··· Information shown ···

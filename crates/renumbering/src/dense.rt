// The dense formula. Whatever its making finds amiss (names that do not rise, a variable without a name) is answered by
// none, so nothing has to be shown of the sort and the search.
ghost use Rattle.std.specs.Prelude.{◌≡◌, ◌<◌, ◌≤◌, length, map, IfOk, IfSome};
ghost use Rattle.cnf_base.specs.declared.cnf.Entry.TheVariants.{Clause};
ghost use Rattle.cnf_base.specs.Literals.{AreLiterals};
ghost use Rattle.cnf_base.specs.Clauses.{IsClause, IsEntry};
ghost use Rattle.cnf_base.specs.Formulas.{AreEntries};
ghost use Rattle.renumbering.specs.Named.{named, named_entry};
ghost use Rattle.renumbering.specs.Renumbered.{IsRenumbered};

use crate::names::{are_rising, dense_literal, variables_of};
use base::{Mem, Row};
use cnf_base::{Cnf, Entry, Lit, entry, entry_laws};
use std::alloc::Global;

/// A formula over the variables 1, 2, .., and the variable that each of them stands for.
#[derive(Drop)]
pub struct Renumbered {
    pub cnf: Cnf,
    pub names: Vec<u32>,
}

fn dense_literals(alloc: Global, names: &[u32], clause: &[Lit]) -> Mem<Option<Vec<Lit>>>
    ensures name { IfOk result (λ r. IfSome r (λ c. map (named names.now) c.items ≡ clause.now)) }
    ensures range { IfOk result (λ r. IfSome r (λ c. AreLiterals (length names.now) c.items)) }
{
    let mut dense = Vec::with_capacity(alloc, clause.len())?;
    for literal in clause {
        match dense_literal(names, *literal) {
            Some(own) => dense.push(own)?,
            None => return Ok(None),
        }
    }
    Ok(Some(dense))
}

fn dense_clause(alloc: Global, names: &[u32], clause: &[Lit]) -> Mem<Option<Entry>>
    requires { IsClause clause.now }
    ensures name { IfOk result (λ r. IfSome r (λ e. named_entry names.now e ≡ Clause clause.now)) }
    ensures range { IfOk result (λ r. IfSome r (λ e. IsEntry (length names.now) e)) }
{
    entry_laws();
    match dense_literals(alloc, names, clause)? {
        Some(dense) => {
            let dense = entry(alloc, dense.as_slice())?;
            Ok(Some(dense))
        }
        None => Ok(None),
    }
}

fn dense_entry(alloc: Global, names: &[u32], entry: &Entry) -> Mem<Option<Entry>>
    requires { 0 < length names.now }
    ensures name { IfOk result (λ r. IfSome r (λ e. named_entry names.now e ≡ entry.now)) }
    ensures range { IfOk result (λ r. IfSome r (λ e. IsEntry (length names.now) e)) }
{
    match entry {
        Entry::Clause(clause) => {
            let dense = dense_clause(alloc, names, clause.as_slice())?;
            Ok(dense)
        }
        Entry::True => Ok(Some(Entry::True)),
    }
}

fn dense_entries(alloc: Global, names: &[u32], entries: &[Entry]) -> Mem<Option<Vec<Entry>>>
    requires { 0 < length names.now }
    ensures name { IfOk result (λ r. IfSome r (λ es. map (named_entry names.now) es.items ≡ entries.now)) }
    ensures range { IfOk result (λ r. IfSome r (λ es. AreEntries (length names.now) es.items)) }
{
    let mut dense = Vec::with_capacity(alloc, entries.len())?;
    for entry in entries {
        match dense_entry(alloc, names, entry)? {
            Some(own) => dense.push(own)?,
            None => return Ok(None),
        }
    }
    Ok(Some(dense))
}

/// The dense formula of a formula, where one is found.
pub fn renumber(alloc: Global, cnf: &Cnf) -> Mem<Option<Renumbered>>
    ensures { IfOk result (λ r. IfSome r (λ d. IsRenumbered cnf.now d.cnf d.names.items)) }
{
    let names = variables_of(alloc, cnf.clauses())?;
    if names.is_empty()
        || names.len() > 2147483647
        || !are_rising(names.as_slice(), cnf.variables())
    {
        return Ok(None);
    }
    match dense_entries(alloc, names.as_slice(), cnf.clauses())? {
        Some(clauses) => Ok(Some(Renumbered {
            cnf: Cnf::new(names.len() as u32, Row::from_vec(clauses)),
            names,
        })),
        None => Ok(None),
    }
}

···

## Directions for this task
Find the word "Rattle" in the entries above, then copy each line that holds it.

## Response to this task
ghost use Rattle.std.specs.Prelude.{◌≡◌, ◌<◌, ◌≤◌, length, map, IfOk, IfSome};
ghost use Rattle.cnf_base.specs.declared.cnf.Entry.TheVariants.{Clause};
ghost use Rattle.cnf_base.specs.Literals.{AreLiterals};
ghost use Rattle.cnf_base.specs.Clauses.{IsClause, IsEntry};
ghost use Rattle.cnf_base.specs.Formulas.{AreEntries};
ghost use Rattle.renumbering.specs.Named.{named, named_entry};
ghost use Rattle.renumbering.specs.Renumbered.{IsRenumbered};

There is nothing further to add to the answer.